DCIS Active Monitoring Clinical Trials
Clinical Trials
We believe women deserve to understand all available options when diagnosed with ductal carcinoma in situ (DCIS), including the growing research supporting active monitoring for carefully selected low-risk cases.
This page highlights important clinical trials such as COMET, LORD, PORTAL, and RECAST, which are exploring whether some women can safely avoid immediate surgery, radiation, and endocrine therapy while being closely monitored over time. Emerging research continues to raise concerns about overdiagnosis and overtreatment of low-risk DCIS, while emphasizing the importance of personalized risk assessment, informed consent, and patient-centered decision-making.
COMET Study Patient Advocates
While clinical trials are not for everyone, they play an important role in advancing the much-needed paradigm shift for better communication about DCIS as well as de-escalation of aggressive “standard of care” treatments.

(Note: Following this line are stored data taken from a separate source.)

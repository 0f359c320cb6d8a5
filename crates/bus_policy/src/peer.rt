//! The facts that a watch stores of a peer.

ghost use Rattle.std.specs.Prelude.{◌≡◌, ◌||◌, ◌==◌, ◌++◌, [], ℕ, Bool, false, List, true, map, if◌then◌else◌, slice_set, IfOk, OnOk, OnErr, Some};
ghost use Rattle.bus_policy.specs.declared.policy.PolicyRule.{PolicyRule as TheRule};
ghost use Rattle.bus_policy.specs.Levels.{pattern_matches};
ghost use Rattle.bus_policy.specs.Watching.{known_of, unknown, name_level, or_each, with_name, with_message_if, with_call_if, without_call, with_news, speaks_of, tells};

use crate::level::Level;
use crate::pattern::{is_like_unique, matches_name};
use crate::policy::{PolicyRule, level_by_rules};
use indexmap::IndexSet;
use std::alloc::{AllocError, Global};
use std::hash::BuildHasher;

/// The facts known of a peer.
#[derive(Drop)]
pub struct Peer<S: BuildHasher> {
    /// The greatest level that the rules give to a well-known name that the peer ever had.
    pub had: Level,
    /// Whether the peer sent the client a message with a destination.
    pub wrote: bool,
    /// For each rule of the policy, whether its pattern matches a name that the peer ever had.
    pub meant: Vec<bool>,
    /// The serials of the peer's calls that wait for a reply.
    pub waiting: IndexSet<u32, S>,
}

/// The facts about a peer that an event adds.
#[derive(Clone, Copy)]
pub enum RawNews<'a> {
    /// A name that the peer has now.
    Name(&'a str),
    /// A message of the peer: whether it is for the client, and its serial if it is a call that
    /// waits.
    Message(bool, Option<u32>),
}

impl RawNews<'_> {
    /// Returns whether the event can add something: a name that a rule's pattern matches, a message
    /// for the client, or a call that waits.
    pub fn tells(self, rules: &[PolicyRule]) -> bool
        ensures { result ≡ tells rules.now self.entry }
    {
        match self {
            RawNews::Name(name) => is_spoken_of(rules, name.as_bytes()),
            RawNews::Message(wrote, call) => wrote || call.is_some(),
        }
    }
}

/// Returns whether the pattern of a rule matches a name.
fn is_spoken_of(rules: &[PolicyRule], name: &[u8]) -> bool
    ensures { result ≡ speaks_of rules.now name.now }
{
    for rule in rules {
        if matches_name(rule.pattern.as_str().as_bytes(), name) {
            return true;
        }
    }
    false
}

/// Returns the level that the rules give to a name of a peer; `None` for a unique name.
fn level_had(rules: &[PolicyRule], name: &[u8]) -> Level
    ensures { result ≡ name_level rules.now name.now }
{
    if is_like_unique(name) {
        return Level::None;
    }
    level_by_rules(rules, name)
}

fn unmeant(alloc: Global, rules: &[PolicyRule]) -> Result<Vec<bool>, AllocError>
    ensures { IfOk result (λ v. v.items ≡ map (λ rule. false) rules.now) }
{
    let mut flags = Vec::with_capacity(alloc, rules.len())?;
    for _ in 0..rules.len() {
        flags.push(false)?;
    }
    Ok(flags)
}

/// Returns whether no flag is set and there is one for each rule.
fn are_unmeant(flags: &[bool], rules: &[PolicyRule]) -> bool
    ensures blank { result ≡ true → flags.now ≡ map (λ rule. false) rules.now }
    ensures raised { flags.now ≡ map (λ rule. false) rules.now → result ≡ true }
{
    if flags.len() != rules.len() {
        return false;
    }
    for flag in flags {
        if *flag {
            return false;
        }
    }
    true
}

fn raise(flags: &mut Vec<bool>, at: usize, raised: bool)
    ensures { flags.new.items
        ≡ (if raised then slice_set flags.old.items at true else flags.old.items) }
{
    if raised && at < flags.len() {
        flags[at] = true;
    }
}

/// Sets the flags of the rules whose patterns match a name.
fn add_meant(meant: &mut Vec<bool>, rules: &[PolicyRule], name: &[u8])
    ensures { meant.new.items
        ≡ or_each (λ rule. pattern_matches rule.pattern name.now) rules.now meant.old.items }
{
    for (i, rule) in rules.iter().enumerate() {
        let is_meant = matches_name(rule.pattern.as_str().as_bytes(), name);
        raise(meant, i, is_meant);
    }
}

impl<S: BuildHasher + Copy> Peer<S> {
    /// Creates a peer of which nothing is known.
    pub fn fresh(alloc: Global, hash_builder: S, rules: &[PolicyRule]) -> Result<Self, AllocError>
        ensures { IfOk result (λ peer. known_of rules.now (Some peer) ≡ unknown rules.now) }
    {
        Ok(Peer {
            had: Level::None,
            wrote: false,
            meant: unmeant(alloc, rules)?,
            waiting: IndexSet::with_hasher(alloc, hash_builder),
        })
    }

    /// Creates a peer of which only one event is known.
    pub fn with_news(
        alloc: Global,
        hash_builder: S,
        rules: &[PolicyRule],
        news: RawNews<'_>,
    ) -> Result<Self, AllocError>
        ensures { IfOk result (λ peer. known_of rules.now (Some peer)
            ≡ with_news rules.now news.entry (unknown rules.now)) }
    {
        let mut peer = Peer::fresh(alloc, hash_builder, rules)?;
        peer.learn(rules, news)?;
        Ok(peer)
    }

    /// Adds a name that the peer has.
    pub fn add_name(&mut self, rules: &[PolicyRule], name: &[u8])
        ensures { known_of rules.now (Some self.new)
            ≡ with_name rules.now name.now (known_of rules.now (Some self.old)) }
    {
        self.had = level_had(rules, name).or(self.had);
        add_meant(&mut self.meant, rules, name);
    }

    fn add_message_if(&mut self, wrote: bool)
        ensures { (rules : List TheRule) → known_of rules (Some self.new)
            ≡ with_message_if wrote (known_of rules (Some self.old)) }
    {
        if wrote {
            self.wrote = true;
        }
    }

    fn add_call_if(&mut self, call: Option<u32>) -> Result<(), AllocError>
        ensures ok { OnOk result
            ((rules : List TheRule) → known_of rules (Some self.new)
            ≡ with_call_if call (known_of rules (Some self.old))) }
        ensures err { OnErr result
            ((rules : List TheRule) → known_of rules (Some self.new)
            ≡ known_of rules (Some self.old)) }
    {
        if let Some(serial) = call {
            self.waiting.insert(serial)?;
        }
        Ok(())
    }

    /// Adds what an event contains. Errs only if memory runs out, and then nothing changes.
    pub fn learn(&mut self, rules: &[PolicyRule], news: RawNews<'_>) -> Result<(), AllocError>
        ensures ok { OnOk result
            (known_of rules.now (Some self.new)
            ≡ with_news rules.now news.entry (known_of rules.now (Some self.old))) }
        ensures err { OnErr result
            (known_of rules.now (Some self.new) ≡ known_of rules.now (Some self.old)) }
    {
        match news {
            RawNews::Name(name) => self.add_name(rules, name.as_bytes()),
            RawNews::Message(wrote, call) => {
                self.add_call_if(call)?;
                self.add_message_if(wrote);
            }
        }
        Ok(())
    }

    /// Returns whether nothing is known of the peer.
    pub fn is_blank(&self, rules: &[PolicyRule]) -> bool
        ensures blank { result ≡ true → known_of rules.now (Some self.now) ≡ unknown rules.now }
        ensures known { known_of rules.now (Some self.now) ≡ unknown rules.now → result ≡ true }
    {
        if self.wrote || !matches!(self.had, Level::None) {
            return false;
        }
        if !self.waiting.is_empty() {
            return false;
        }
        are_unmeant(&self.meant, rules)
    }

    /// Removes a call of the peer that waits no longer.
    pub fn remove_call(&mut self, serial: u32)
        ensures { (rules : List TheRule) → known_of rules (Some self.new)
            ≡ without_call serial (known_of rules (Some self.old)) }
    {
        self.waiting.swap_remove(&serial);
    }
}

By sharing the latest studies, expert perspectives, and advocacy efforts, DCIS 411 aims to empower women with balanced information so they can make individualized choices aligned with their health goals, personal values, and quality of life.
Below are clinical trials of interest to many involved with DCIS, from patients to researchers to advocates.
The COMET Study
COMET stands for Comparing an Operation to Monitoring, with or without Endocrine Therapy for low-risk DCIS.
While COMET is no longer enrolling new participants, the study will continue to follow women for 10 years.
Results released in December 2024 showed women in the active monitoring group were no more likely to develop invasive breast cancer in the same breast after two years compared to those who underwent surgery.
Conclusions and Relevance: “Women with low-risk DCIS randomized to active monitoring did not have a higher rate of invasive cancer in the same breast at 2 years compared with those randomized to guideline-concordant care.”
Background on the Comet Study
Introduction
“Annually, approximately 65 million women undergo mammographic screening in the US at a cost of more than $13 billion.1 Although mammography has been associated with a reduction in breast cancer mortality rates,2,3 there is increasing concern that this benefit has been accompanied by overdiagnosis and overtreatment.4 Overdiagnosis occurs when cancer screening detects conditions that may never cause harm if left untreated; treatment for these conditions provides no survival benefit and can result in harm.
For breast cancer, much of the burden of overdiagnosis is thought to derive from the detection of ductal carcinoma in situ (DCIS), a diagnosis faced by more than 50 000 women in the US annually.5,6 DCIS is a preinvasive neoplasia that lacks the potential to spread and cause symptoms unless it undergoes progression to invasive cancer. When diagnosed, DCIS is conventionally treated with surgery, often combined with adjuvant radiation, and/or endocrine therapy.7,8 These treatments are the same as those recommended for women with low- to intermediate-risk invasive cancer. Adverse effects of these therapies can include long-term pain, altered body image, sexual dysfunction, menopausal symptoms, or, rarely, secondary cancers.9 Because not all DCIS progresses to invasive cancer,10–13 there is a potential opportunity to deescalate surgery in the management of DCIS.” Read more here.
LORD: (LOw Risk DCIS) Study
“For decades, DCIS was framed as ‘early-stage breast cancer.”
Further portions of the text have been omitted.